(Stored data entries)
==========

//! Constant expressions, and texts of a given length.

use const_expr::{Naming, Setting, evaluate, fitted};
use ftn_base::Bytes;
use ftn_tree::{Expr, Operator, Value};
use sqlite_items::Boxed;
use std::alloc::Global;

fn is(text: &[u8], wanted: &[u8]) -> bool {
    text == wanted
}

fn is_text(value: &Option<Value>, wanted: &[u8]) -> bool {
    match value {
        Some(Value::Chars(text)) => text.bytes() == wanted,
        _ => false,
    }
}

fn bytes(alloc: Global, text: &[u8]) -> Option<Bytes> {
    Bytes::from_slice(alloc, text).ok()
}

/// `'ab' // c`, where `c` is the name at token 2.
fn joined(alloc: Global) -> Option<Expr> {
    let left = Expr::Quoted {
        token: 0,
        value: bytes(alloc, b"ab")?,
    };
    let right = Expr::Refer {
        name: 2,
        args: None,
        part: None,
    };
    Some(Expr::Binary {
        op: 1,
        operator: Operator::Concat,
        left: Boxed::new(alloc, left).ok()?,
        right: Boxed::new(alloc, right).ok()?,
    })
}

/// The expression has a value where its name is a constant, and else the name has no place in it.
fn has_value(alloc: Global) -> Option<bool> {
    let value = Some(Value::Chars(bytes(alloc, b"c")?));
    let namings = [Naming::Constant {
        value,
        rank: 0,
        bounds: None,
    }];
    let known = Setting {
        row: &[None, None, Some(0)],
        namings: &namings,
    };
    let made = evaluate(alloc, &known, &joined(alloc)?).ok()?;
    let is_abc = is_text(&made.value, b"abc");
    let unknown = Setting {
        row: &[None, None, None],
        namings: &namings,
    };
    let stray = evaluate(alloc, &unknown, &joined(alloc)?).ok()?;
    Some(is_abc && made.first == 0 && stray.told.stray == Some(2))
}

fn is_fitted(alloc: Global) -> Option<bool> {
    let cut = fitted(alloc, 2, b"abc").ok()?;
    let padded = fitted(alloc, 4, b"ab").ok()?;
    Some(is(cut.bytes(), b"ab") && is(padded.bytes(), b"ab  "))
}

#[test]
fn constants_have_values(rt: HostRuntime) {
    assert!(rt; has_value(rt.alloc()) == Some(true));
    assert!(rt; is_fitted(rt.alloc()) == Some(true));
}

==========

WHAT YOU HAVE TO DO
Each of the entries must be set down again exactly.

EXERCISE RESULT
//! Constant expressions, and texts of a given length.

use const_expr::{Naming, Setting, evaluate, fitted};
use ftn_base::Bytes;
use ftn_tree::{Expr, Operator, Value};
use sqlite_items::Boxed;
use std::alloc::Global;

fn is(text: &[u8], wanted: &[u8]) -> bool {
    text == wanted
}

fn is_text(value: &Option<Value>, wanted: &[u8]) -> bool {
    match value {
        Some(Value::Chars(text)) => text.bytes() == wanted,
        _ => false,
    }
}

fn bytes(alloc: Global, text: &[u8]) -> Option<Bytes> {
    Bytes::from_slice(alloc, text).ok()
}

/// `'ab' // c`, where `c` is the name at token 2.
fn joined(alloc: Global) -> Option<Expr> {
    let left = Expr::Quoted {
        token: 0,
        value: bytes(alloc, b"ab")?,
    };
    let right = Expr::Refer {
        name: 2,
        args: None,
        part: None,
    };
    Some(Expr::Binary {
        op: 1,
        operator: Operator::Concat,
        left: Boxed::new(alloc, left).ok()?,
        right: Boxed::new(alloc, right).ok()?,
    })
}

/// The expression has a value where its name is a constant, and else the name has no place in it.
fn has_value(alloc: Global) -> Option<bool> {
    let value = Some(Value::Chars(bytes(alloc, b"c")?));
    let namings = [Naming::Constant {
        value,
        rank: 0,
        bounds: None,
    }];
    let known = Setting {
        row: &[None, None, Some(0)],
        namings: &namings,
    };
    let made = evaluate(alloc, &known, &joined(alloc)?).ok()?;
    let is_abc = is_text(&made.value, b"abc");
    let unknown = Setting {
        row: &[None, None, None],
        namings: &namings,
    };
    let stray = evaluate(alloc, &unknown, &joined(alloc)?).ok()?;
    Some(is_abc && made.first == 0 && stray.told.stray == Some(2))
}

fn is_fitted(alloc: Global) -> Option<bool> {
    let cut = fitted(alloc, 2, b"abc").ok()?;
    let padded = fitted(alloc, 4, b"ab").ok()?;
    Some(is(cut.bytes(), b"ab") && is(padded.bytes(), b"ab  "))
}

#[test]
fn constants_have_values(rt: HostRuntime) {
    assert!(rt; has_value(rt.alloc()) == Some(true));
    assert!(rt; is_fitted(rt.alloc()) == Some(true));
}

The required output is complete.